• _WORK REQUIRED_
Within the records below, reproduce without change the lines from the line that has "u64, limit: u64" through the line that has "fn from(_: oper_core::Memory)", and only those.

*** SUPPLIED MATERIAL ***

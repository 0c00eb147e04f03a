ghost use Rattle.std.specs.Prelude.{◌≡◌};
ghost use Rattle.log_records.specs.Rewriting.{rewrite_from_read};
ghost use Rattle.log_records.specs.declared.rewrite_err.RewriteErr.TheVariants as of_rewrite;

use disk_model::{Failed, FileNo};
use formats::ReadErr;
use thiserror::Error;

/// Why a log was not rewritten.
#[derive(Clone, Copy, Debug, PartialEq, Eq, Error)]
pub enum RewriteErr {
    /// The new log would be longer than a log may be.
    #[error("the log is full: {used} bytes are used, the new log has {need}, the limit is {limit}")]
    LogFull { used: u64, need: u64, limit: u64 },
    /// The log has had its last epoch.
    #[error("no epoch comes after {epoch}")]
    Exhausted { epoch: u64 },
    /// A call to the device failed.
    #[error("the disk failed")]
    DiskFault,
    /// A file breaks its format at this place.
    #[error("{file:?} is damaged at {place}")]
    Damaged { file: FileNo, place: u64 },
    /// There is no memory left.
    #[error("out of memory")]
    Memory,
}

impl From<ReadErr> for RewriteErr {
    ghost from_gives = { λ cause e. e ≡ rewrite_from_read cause };

    fn from(cause: ReadErr) -> Self {
        match cause {
            ReadErr::DiskFault => RewriteErr::DiskFault,
            ReadErr::Damaged { file, place } => RewriteErr::Damaged { file, place },
            ReadErr::Memory => RewriteErr::Memory,
        }
    }
}

impl From<Failed> for RewriteErr {
    ghost from_gives = { λ _ e. e ≡ of_rewrite.DiskFault };

    fn from(_: Failed) -> Self {
        RewriteErr::DiskFault
    }
}

impl From<oper_core::Memory> for RewriteErr {
    ghost from_gives = { λ _ e. e ≡ of_rewrite.Memory };

    fn from(_: oper_core::Memory) -> Self {
        RewriteErr::Memory
    }
}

*** End of SUPPLIED MATERIAL ***

• _ANSWER SPACE_
    LogFull { used: u64, need: u64, limit: u64 },
    /// The log has had its last epoch.
    #[error("no epoch comes after {epoch}")]
    Exhausted { epoch: u64 },
    /// A call to the device failed.
    #[error("the disk failed")]
    DiskFault,
    /// A file breaks its format at this place.
    #[error("{file:?} is damaged at {place}")]
    Damaged { file: FileNo, place: u64 },
    /// There is no memory left.
    #[error("out of memory")]
    Memory,
}

impl From<ReadErr> for RewriteErr {
    ghost from_gives = { λ cause e. e ≡ rewrite_from_read cause };

    fn from(cause: ReadErr) -> Self {
        match cause {
            ReadErr::DiskFault => RewriteErr::DiskFault,
            ReadErr::Damaged { file, place } => RewriteErr::Damaged { file, place },
            ReadErr::Memory => RewriteErr::Memory,
        }
    }
}

impl From<Failed> for RewriteErr {
    ghost from_gives = { λ _ e. e ≡ of_rewrite.DiskFault };

    fn from(_: Failed) -> Self {
        RewriteErr::DiskFault
    }
}

impl From<oper_core::Memory> for RewriteErr {
    ghost from_gives = { λ _ e. e ≡ of_rewrite.Memory };

    fn from(_: oper_core::Memory) -> Self {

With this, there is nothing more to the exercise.